I have a table with about 50 million records in PostgreSQL. Trying to select a post with most "likes" filtering by a "tag". Both fields have b-tree index. For "love" tag I get
EXPLAIN analyse select user_id from posts where tags #> array['love'] order by likes desc nulls last limit 12
Limit (cost=0.57..218.52 rows=12 width=12) (actual time=2.658..14.243 rows=12 loops=1)
-> Index Scan using idx_likes on posts (cost=0.57..55759782.55 rows=3070010 width=12) (actual time=2.657..14.239 rows=12 loops=1)
Filter: (tags #> '{love}'::text[])
Rows Removed by Filter: 10584
Planning time: 0.297 ms
Execution time: 14.276 ms
14 ms is great, but if I try to get it for "tamir", it suddenly becomes over 22 seconds!! Obviously query planner is doing something wrong.
EXPLAIN analyse select user_id from posts where tags #> array['tamir'] order by likes desc nulls last limit 12
Limit (cost=0.57..25747.73 rows=12 width=12) (actual time=17552.406..22839.503 rows=12 loops=1)
-> Index Scan using idx_likes on posts (cost=0.57..55759782.55 rows=25988 width=12) (actual time=17552.405..22839.484 rows=12 loops=1)
Filter: (tags #> '{tamir}'::text[])
Rows Removed by Filter: 11785083
Planning time: 0.253 ms
Execution time: 22839.569 ms
After reading the article I've added "user_id" to the ORDER BY and "tamir" is blazingly fast, 0.2ms! Now it's doing sorts and Bitmap Heap Scan instead of Index scan.
EXPLAIN analyse select user_id from posts where tags #> array['tamir'] order by likes desc nulls last, user_id limit 12
Limit (cost=101566.17..101566.20 rows=12 width=12) (actual time=0.237..0.238 rows=12 loops=1)
-> Sort (cost=101566.17..101631.14 rows=25988 width=12) (actual time=0.237..0.237 rows=12 loops=1)
Sort Key: likes DESC NULLS LAST, user_id
Sort Method: top-N heapsort Memory: 25kB
-> Bitmap Heap Scan on posts (cost=265.40..100970.40 rows=25988 width=12) (actual time=0.074..0.214 rows=126 loops=1)
Recheck Cond: (tags #> '{tamir}'::text[])
Heap Blocks: exact=44
-> Bitmap Index Scan on idx_tags (cost=0.00..258.91 rows=25988 width=0) (actual time=0.056..0.056 rows=126 loops=1)
Index Cond: (tags #> '{tamir}'::text[])
Planning time: 0.287 ms
Execution time: 0.277 ms
But what happens to "love"? Now it goes from 14 ms to 2.3 seconds...
EXPLAIN analyse select user_id from posts where tags #> array['love'] order by likes desc nulls last, user_id limit 12
Limit (cost=7347142.18..7347142.21 rows=12 width=12) (actual time=2360.784..2360.786 rows=12 loops=1)
-> Sort (cost=7347142.18..7354817.20 rows=3070010 width=12) (actual time=2360.783..2360.784 rows=12 loops=1)
Sort Key: likes DESC NULLS LAST, user_id
Sort Method: top-N heapsort Memory: 25kB
-> Bitmap Heap Scan on posts (cost=28316.58..7276762.77 rows=3070010 width=12) (actual time=595.274..2171.571 rows=1517679 loops=1)

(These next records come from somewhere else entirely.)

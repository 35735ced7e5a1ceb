// The bytes of a command that has begun, as they are saved.
use super::CommandBytes;
use crate::command::LONGEST;
use saved_state::{Saved, SavedBytes, Source, load_bytes, save_bytes};

impl Saved for CommandBytes {
    ghost use Rattle.saved_state.specs.Saved.{spelled_bytes};
    ghost use Rattle.fdc_commands.specs.Saving.{IsPart};

    ghost spelled = { spelled_bytes };

    ghost Fits = { IsPart };

    fn save(&self, to: &mut SavedBytes) {
        save_bytes(&self.bytes[..self.count], to);
    }

    fn load(from: &mut Source<'_>) -> CommandBytes {
        let part = load_bytes(from);
        let count = part.len().min(LONGEST - 1);
        let mut bytes = [0; LONGEST];
        bytes[..count].copy_from_slice(&part[..count]);
        CommandBytes { bytes, count }
    }
}
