//! A call of each law of comparison and search.

use winnow_match::{
    byte_hit_law, compare_law, compare_more_law, definite_hit_law, find_law, find_more_law,
    stretch_law,
};

/// Calls each law of comparison and search.
pub fn search_laws_can_be_called() {
    compare_law();
    compare_more_law();
    find_law();
    find_more_law();
    definite_hit_law();
    stretch_law();
    byte_hit_law();
}
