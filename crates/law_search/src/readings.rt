//! Calls of `parse_slice`: at a type that is named, and through the bound `ParseSlice`.

ghost use Rattle.std.specs.Prelude.{IsUtf8};
ghost use Rattle.winnow_count.specs.Reading.{IsSomeExactly, ReadsUnsigned};

use winnow_count::ParseSlice;

/// Returns what bytes read as, at a type that is named.
pub fn byte_of(bytes: &[u8]) -> Option<u8>
    ensures { IsSomeExactly (λ n. IsUtf8 bytes.now × ReadsUnsigned 8 bytes.now n) result }
{
    bytes.parse_slice()
}

/// Returns what a slice reads as, called through the bound.
pub fn parsed<R, S: ParseSlice<R>>(slice: &S) -> Option<R>
    ensures { IsSomeExactly (S.reads slice.now) result }
{
    slice.parse_slice()
}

Recheck Cond: (tags #> '{love}'::text[])
Heap Blocks: exact=642705
-> Bitmap Index Scan on idx_tags (cost=0.00..27549.08 rows=3070010 width=0) (actual time=367.080..367.080 rows=1517679 loops=1)

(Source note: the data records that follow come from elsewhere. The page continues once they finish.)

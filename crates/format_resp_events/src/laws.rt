//! The law of events: what they stand for, and of which replies they are.

ghost use Rattle.std.specs.Prelude.{◌≡◌, ℕ, List, ◌++◌};
ghost use Rattle.std.specs.List.{flat_map};
ghost use Rattle.winnow_reader.specs.SameValues.{AreAlike, IsFrontOf};
ghost use Rattle.format_resp.specs.Language.{SpellAll, Spells};
ghost use Rattle.format_resp_events.specs.Events.{AreReplies, SameEvent, events_of};
ghost use Rattle.format_resp_events.specs.Written.{events_written};
ghost use Rattle.format_resp_events.specs.Reading.{EventState, HasGiven, IsWhole, longest_of};
ghost use Rattle.format_resp.specs.declared.reply.Reply.{Reply};
ghost use Rattle.format_resp_events.specs.declared.event.ReplyEvent.{ReplyEvent};

/// The law of a reader of events. It does nothing when called: its contract is the law.
///
/// The bytes that a reader has passed are those that its events stand for, one after the other. Let
/// the joined input be replies within the limits, one after the other, or become so with more: then
/// the events are the first ones of those replies. A reader is done only if its input is such
/// replies, and has given all their events.
///
/// So the events of the replies that some bytes spell are the events of these bytes, and the bytes
/// have no others.
pub fn events_law()
    ensures passed { (r : EventState) (input : List ℕ) (events : List ReplyEvent)
        → HasGiven r input events → input ≡ events_written events ++ r.replies.ahead }
    ensures begins { (r : EventState) (input more : List ℕ) (events all : List ReplyEvent)
        → HasGiven r input events → AreReplies (longest_of r) r.depth (input ++ more) all
        → IsFrontOf SameEvent events all }
    ensures whole { (r : EventState) (input : List ℕ) (events : List ReplyEvent)
        → HasGiven r input events → IsWhole r → AreReplies (longest_of r) r.depth input events }
    ensures spelled { (longest depth : ℕ) (replies : List Reply) (bytes : List ℕ)
        → SpellAll (Spells longest depth) replies bytes
        → AreReplies longest depth bytes (flat_map events_of replies) }
    ensures once { (longest depth : ℕ) (bytes : List ℕ) (events others : List ReplyEvent)
        → AreReplies longest depth bytes events → AreReplies longest depth bytes others
        → AreAlike SameEvent events others }
{}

Index Cond: (tags #> '{love}'::text[])
Planning time: 0.226 ms
Execution time: 2360.863 ms
Can somebody shed some light on why this is happening and what would the fix.
Update
"tag" field had gin index, not b-tree, just typo.
B-tree indexes are not very useful for searching of element in array field. You should remove b-tree index from tags field and use gin index instead:
drop index idx_tags;
create index idx_tags using gin(tags);
And don't add order by user_id — this sabotages possibility to use your idx_likes for ordering when there's a lot of rows with the tag you search for.
Also likes field should probably be not null default 0.